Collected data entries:
___

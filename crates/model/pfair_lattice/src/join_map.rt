//! Maps whose values are joined key by key, and the contents of a key: one value, or the mark that two
//! different ones met.
ghost use Rattle.std.specs.Prelude.{◌≡◌, IsOk, IfOk, OnOk, ◌∷◌, [], length, ⊤, Some, IsSome, OnErr, false};
ghost use Rattle.std.specs.Option.{option_copied, option_copied_mut};
ghost use Rattle.std.specs.Borrow.{sem};
ghost use Rattle.pfair_lattice.specs.Lent.{LendsValue};
ghost use Rattle.std.specs.Ordering.{eq_by_cmp};
ghost use Rattle.pfair_lattice.specs.Entries.{IsOrdered, get, MapBelow, MapJoins, MapPartly, MapOutgrows};
ghost use Rattle.pfair_lattice.specs.Order.{OptionBelow, OptionOutgrows};
ghost use Rattle.pfair_lattice.specs.Laws.{map_order, map_least, map_resumes, exact_cmp};

use crate::join::{Exact, Join};
use std::alloc::{AllocError, Global};
use std::collections::BTreeMap;
use std::marker::Model;

/// A content, or `Torn` if two different contents met.
///
/// Contents that are equal join to themselves, contents that differ to `Torn`, and whatever joins
/// with `Torn` is `Torn`. Neither a join nor a copy allocates.
#[derive(Clone, Copy, Debug, PartialEq, Eq)]
pub enum Flat<T: Exact> {
    /// One content.
    One(T),
    /// Two contents that differ.
    Torn,
}

impl<T: Exact> Join for Flat<T> {
    ghost use Rattle.pfair_lattice.specs.Held.{FlatBelow, FlatJoins, flat_order, flat_least};

    ghost below = { FlatBelow };

    ghost joins = { FlatJoins };

    ghost partly = { λ _ _ _. ⊥ };

    ghost takes_memory = { ⊥ };

    ghost outgrows = { λ _ _. ⊥ };

    ghost order = { flat_order };

    ghost least = { flat_least };

    ghost resumes = { λ _ _ _ h. absurd h };

    fn join(&mut self, other: &Flat<T>) -> Result<(), AllocError>
        ensures never { IsOk result }
        ensures joined { FlatJoins self.old other.now self.new }
    {
        if *self != *other {
            *self = Flat::Torn;
        }
        Ok(())
    }

    fn le(&self, other: &Flat<T>) -> bool {
        match other {
            Flat::Torn => true,
            Flat::One(_) => *self == *other,
        }
    }

    fn copy(&self) -> Result<Flat<T>, AllocError>
        ensures { result ≡ Ok self.now }
    {
        Ok(*self)
    }
}

/// A map from keys to values that can be joined, and so a value that can be joined: it nests to any
/// depth.
///
/// A key is in the map or isn't, whatever its value: a key with an empty inner map is a key. One
/// map is below another if each of its keys is a key of the other, with a value below the one
/// there. A join has the keys of both sides: if one side has the key, its value, and if both
/// have it, the join of their values.
#[derive(Drop)]
pub struct JoinMap<K: Exact + Ord, V: Join> {
    map: BTreeMap<K, V>,
    alloc: Global,
}

impl<K: Exact + Ord, V: Join> Model for JoinMap<K, V> {
    ghost use Rattle.std.specs.Prelude.{List};

    ghost Value = { List (K × V) };

    ghost view = { λ m. m.map.entries };
}

impl<K: Exact + Ord, V: Join> JoinMap<K, V> {
    /// Creates a map without keys. It allocates nothing, and asks `alloc` for what it grows by later.
    pub fn new(alloc: Global) -> JoinMap<K, V>
        ensures { result ≡ [] }
    {
        JoinMap {
            map: BTreeMap::new(alloc),
            alloc,
        }
    }

    /// Returns how many keys there are. Those of inner maps don't count. O(1).
    pub fn len(&self) -> usize
        ensures count { result ≡ length self.now }
        ensures ordered { IsOrdered K.cmp self.now }
    {
        self.map.len()
    }

    /// Returns the value at `key`, or `None` if the map lacks the key. O(log n) for n keys.
    pub fn get(&self, key: &K) -> Option<&V>
        ensures { option_copied result ≡ get K.cmp self.now key.now }
    {
        self.map.get(key)
    }

    /// Returns the value at `key`, to be changed in place, or `None` if the map lacks the key.
    ///
    /// When the borrow ends the map has at `key` the value that was left there last, and all else as
    /// before. O(log n) for n keys.
    pub fn get_mut(&mut self, key: &K) -> Option<&mut V>
        ensures* writes_back { sem 𝓛 (LendsValue K.row V.row K.Ord V.Join self.entry key.now result) }
        ensures value { option_copied_mut result ≡ get K.cmp self.old key.now }
        ensures ordered { IsOrdered K.cmp self.old }
    {
        self.map.get_mut(key)
    }

    /// Joins `value` in at `key`: a copy of it if the map lacks the key, else the join of the value
    /// there with it.
    ///
    /// O(log n) for n keys, and the cost of the copy or of the join.
    ///
    /// # Errors
    /// Returns [`AllocError`] if an allocation fails: never if the map has the key and its
    /// values allocate nothing, and never if the value there is above `value` already, or has a
    /// place for all of it. Then a missing key is still missing, at an existing key a part of
    /// `value` may be joined in, and every other key has the value that it had. The same call again
    /// gives the same join.
    pub fn put(&mut self, key: K, value: &V) -> Result<(), AllocError>
        ensures joined { OnOk result (MapJoins K.cmp V.joins self.old ((key, value.now) ∷ []) self.new) }
        ensures partly { OnErr result (MapPartly K.cmp V.joins V.partly self.old ((key, value.now) ∷ []) self.new) }
        ensures lacking { OnErr result (¬ (OptionBelow V.below (Some value.now) (get K.cmp self.old key))) }
        ensures growth { OnErr result (OptionOutgrows V.outgrows (get K.cmp self.old key) (Some value.now)) }
        ensures memory { OnErr result (IsSome (get K.cmp self.old key) → V.takes_memory) }
        ensures absent { OnErr result (get K.cmp self.old key ≡ None → self.new ≡ self.old) }
        ensures others { (q : K) → eq_by_cmp K.cmp key q ≡ false → get K.cmp self.new q ≡ get K.cmp self.old q }
        ensures ordered { IsOrdered K.cmp self.new }
    {
        match self.map.get_mut(&key) {
            Some(held) => held.join(value),
            None => {
                self.map.insert(key, value.copy()?)?;
                Ok(())
            }
        }
    }
}

impl<K: Exact + Ord, V: Join> Join for JoinMap<K, V> {
    ghost below = { MapBelow K.cmp V.below };

    ghost joins = { MapJoins K.cmp V.joins };

    ghost partly = { MapPartly K.cmp V.joins V.partly };

    ghost takes_memory = { ⊤ };

    ghost outgrows = { MapOutgrows K.cmp V.outgrows };

    ghost order = { map_order K.total (exact_cmp K.eq K.cmp K.exact K.matches_eq) V.order };

    ghost least = { map_least (record { order = V.order; least = V.least }) };

    ghost resumes = { map_resumes (record { order = V.order; least = V.least }) V.resumes };

    fn join(&mut self, other: &JoinMap<K, V>) -> Result<(), AllocError> {
        // the keys of this map are in order
        prove!(self.len() == self.map.len());
        for (key, value) in &other.map {
            self.put(*key, value)?;
        }
        Ok(())
    }

    fn le(&self, other: &JoinMap<K, V>) -> bool {
        // the keys of the other map are in order
        prove!(other.len() == other.map.len());
        for (key, value) in &self.map {
            match other.map.get(key) {
                Some(held) => {
                    if !value.le(held) {
                        return false;
                    }
                }
                None => return false,
            }
        }
        true
    }

    fn copy(&self) -> Result<JoinMap<K, V>, AllocError>
        ensures equal { IfOk result (λ copy. copy ≡ self.now) }
        ensures nothing { self.now ≡ [] → IsOk result }
    {
        let mut copy = JoinMap::new(self.alloc);
        copy.join(self)?;
        Ok(copy)
    }
}
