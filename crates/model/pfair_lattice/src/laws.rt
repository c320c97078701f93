//! The laws that hold of every type that joins, and of maps of them at any depth. Each function
//! does nothing: its contract is the law.
ghost use Rattle.pfair_lattice.specs.Order.{IsOrder, IsLeastUpperBound, IsPartlyJoined, IsSingle, IsCommutative, IsAssociative, IsIdempotent, IsAbsorbing, IsOrderOfJoin};
ghost use Rattle.pfair_lattice.specs.Entries.{IsKnownByKeys, IsComparedByKeys};
ghost use Rattle.pfair_lattice.specs.Held.{IsHeldJoin};

use crate::join::{Exact, Join};

/// `le` is an order: reflexive, transitive and antisymmetric.
pub fn le_is_an_order<J: Join>()
    ensures { IsOrder J.below }
{}

/// A join is the least value above both sides.
pub fn join_is_least<J: Join>()
    ensures { (x y z : J) → J.joins x y z → IsLeastUpperBound J.below x y z }
{}

/// Two values have one join at most.
pub fn join_is_single<J: Join>()
    ensures { IsSingle J.joins }
{}

/// A join doesn't depend on which side comes first.
pub fn join_is_commutative<J: Join>()
    ensures { IsCommutative J.joins }
{}

/// A join of three doesn't depend on how they are grouped.
pub fn join_is_associative<J: Join>()
    ensures { IsAssociative J.joins }
{}

/// A value joined with itself is itself.
pub fn join_is_idempotent<J: Join>()
    ensures { IsIdempotent J.joins }
{}

/// Joining the same value in again changes nothing.
pub fn join_again_changes_nothing<J: Join>()
    ensures { IsAbsorbing J.joins }
{}

/// One value is below another exactly if their join is the other.
pub fn le_is_the_order_of_join<J: Join>()
    ensures { IsOrderOfJoin J.below J.joins }
{}

/// What is left after a failed allocation lies between the old value and the join, and joining again
/// gives the same join.
pub fn want_of_memory_resumes<J: Join>()
    ensures { (old other now : J) → J.partly old other now → IsPartlyJoined J.below J.joins old other now }
{}

/// Maps that hold the same at every key are the same.
pub fn map_is_known_by_its_keys<K: Exact + Ord, V: Join>()
    ensures { IsKnownByKeys K.cmp V }
{}

/// One map is below another exactly if at every key what it holds is below what the other holds
/// there.
pub fn maps_compare_key_by_key<K: Exact + Ord, V: Join>()
    ensures { IsComparedByKeys K.cmp V.below }
{}

/// At one key of a map of contents the join is that of either side's contents: the one that is
/// there, the common one, or torn.
pub fn contents_join_at_a_key<T: Exact>()
    ensures { IsHeldJoin T.eq }
{}
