//! Values that join: an order in which any two values have a least upper bound, and maps of such
//! values at any depth.
//!
//! Everything that processors tell each other is kept in such values. From the two laws of
//! [`Join`] (`le` is an order, `join` the least value above both sides) follow those that
//! replication rests on: joins are commutative, associative and idempotent. So neither the order
//! in which news comes in nor repeats change what a replica ends up with. A third law is about a
//! join for which an allocation fails: it leaves a value between the old one and the join, and
//! joining again gives the very same join. A join with a value below it allocates nothing.
//!
//! [`Flat`] makes a type that joins of any contents: one value, or `Torn` if two different ones
//! met. [`JoinMap`] joins key by key; since its values may be maps again, one proof serves every
//! nesting. The module [`laws`] states each law as the contract of a public function.
//!
//! A type on top supplies [`Exact`], which says that its `==` holds of identical values alone. For
//! a plain struct or enum with a derived `==` that is one line:
//!
//!     #[derive(Clone, Copy, Debug, PartialEq, Eq)]
//!     pub struct Reading { pub slot: u64, pub level: Option<u32> }
//!     impl Exact for Reading {
//!         ghost use Rattle.std.proofs.Common.{rules};
//!         ghost exact = { λ x y. Prim.search rules };
//!     }
//!     pub type Readings = JoinMap<u8, JoinMap<u32, Flat<Reading>>>;
//!
//! Contracts see a map as the list of its entries in key order, so that equal maps have equal
//! contents.
#![tactic(auto)]

mod join;
mod join_map;
pub mod laws;

pub use join::{Exact, Join};
pub use join_map::{Flat, JoinMap};
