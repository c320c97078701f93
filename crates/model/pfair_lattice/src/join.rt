//! Values that can be joined: what two holders of parts of the same knowledge have together.
//!
//! A type that joins is a join semilattice, as the states of replicated data types are that merge
//! by joins (Shapiro, Preguiça, Baquero and Zawirski 2011). So values can be merged in any order,
//! in any grouping and as often as one likes, with the same outcome.
ghost use Rattle.std.specs.Prelude.{◌≡◌, ◌↔◌, IsTrue, IfOk, OnOk, OnErr, true};
ghost use Rattle.pfair_lattice.specs.Order.{IsOrder, IsLeastUpperBound, IsPartlyJoined, IsCommutative, IsAssociative, IsIdempotent, commutes, associates, idempotent};

use std::alloc::AllocError;

/// A type with an order in which a join is the least value above both of its sides.
///
/// An implementation proves the laws `order`, `least` and `resumes`; that joins are commutative,
/// associative and idempotent follows.
pub trait Join: Drop {
    /// The order: the first is below the second, or they are the same.
    ghost below: { Self → Self → Type 0 };

    /// The third is the first joined with the second.
    ghost joins: { Self → Self → Self → Type 0 };

    /// The third is the first with a part of the second joined in.
    ghost partly: { Self → Self → Self → Type 0 };

    /// Holds if a join or a copy may allocate.
    ghost takes_memory: { Type 0 };

    /// The second has something for which the first has no place: only then may joining it in
    /// allocate.
    ghost outgrows: { Self → Self → Type 0 };

    /// Joins `other` in.
    ///
    /// # Errors
    /// Returns [`AllocError`] if an allocation fails, which never happens if `other` is already
    /// below, or has nothing for which there is no place. Then a part of `other` is joined in: the
    /// value is above what it was and below the whole join, and joining `other` again gives the
    /// same join.
    fn join(&mut self, other: &Self) -> Result<(), AllocError>
        ensures joined { OnOk result (joins self.old other.now self.new) }
        ensures partly { OnErr result (partly self.old other.now self.new) }
        ensures lacking { OnErr result (¬ (below other.now self.old)) }
        ensures growth { OnErr result (outgrows self.old other.now) }
        ensures memory { OnErr result takes_memory };

    /// Returns whether this value is below `other`, or is the same.
    fn le(&self, other: &Self) -> bool
        ensures { IsTrue result ↔ below self.now other.now };

    /// Returns a second value that is equal to this one.
    ///
    /// # Errors
    /// Returns [`AllocError`] if an allocation fails.
    fn copy(&self) -> Result<Self, AllocError>
        ensures equal { IfOk result (λ copy. copy ≡ self.now) }
        ensures memory { OnErr result takes_memory };

    /// `below` is reflexive, transitive and antisymmetric.
    ghost order: { IsOrder below };

    /// A join is above both sides, and below whatever else is.
    ghost least: { (x y z : Self) → joins x y z → IsLeastUpperBound below x y z };

    /// What a failed allocation leaves is between the old value and the join, and joining again gives
    /// the same join.
    ghost resumes: { (x y z : Self) → partly x y z → IsPartlyJoined below joins x y z };

    /// Either side may come first.
    ghost commutative: { IsCommutative joins } = { commutes (record { order = order; least = least }) };

    /// Three may be grouped either way.
    ghost associative: { IsAssociative joins } = { associates (record { order = order; least = least }) };

    /// A value joined with itself is itself.
    ghost idempotent_join: { IsIdempotent joins } = { idempotent (record { order = order; least = least }) };
}

/// A type whose `==` holds of identical values alone, so that what compares equal can stand for one
/// another.
///
/// Keys of a [`JoinMap`](crate::join_map::JoinMap) and contents of a [`Flat`](crate::join_map::Flat)
/// have to be of such a type.
pub trait Exact: Copy + Eq {
    /// Values that are equal are the same.
    ghost exact: { (x y : Self) → Self.eq x y ≡ true → x ≡ y };
}

impl Exact for u8 {
    ghost use Rattle.std.proofs.Common.{rules};

    ghost exact = { λ x y. Prim.search rules };
}

impl Exact for u32 {
    ghost use Rattle.std.proofs.Common.{rules};

    ghost exact = { λ x y. Prim.search rules };
}

impl Exact for u64 {
    ghost use Rattle.std.proofs.Common.{rules};

    ghost exact = { λ x y. Prim.search rules };
}
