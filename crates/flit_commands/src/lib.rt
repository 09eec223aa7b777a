//! The words of the command line, and the command that they name.
#![tactic(auto)]

mod commands;
mod word_list;

pub use commands::{Command, Making, RunOption, StepOption, command_of, making_of, one_command};
pub use word_list::Words;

___

▶ **To do**: All lines above from the one with "there with it." to the one with "pub fn put(&mut", inclusive, should be copied exactly, and no other lines.

▶ **Task output**:
    /// there with it.
    ///
    /// O(log n) for n keys, and the cost of the copy or of the join.
    ///
    /// # Errors
    /// Returns [`AllocError`] if an allocation fails: never if the map has the key and its
    /// values allocate nothing, and never if the value there is above `value` already, or has a
    /// place for all of it. Then a missing key is still missing, at an existing key a part of
    /// `value` may be joined in, and every other key has the value that it had. The same call again
    /// gives the same join.
    pub fn put(&mut self, key: K, value: &V) -> Result<(), AllocError>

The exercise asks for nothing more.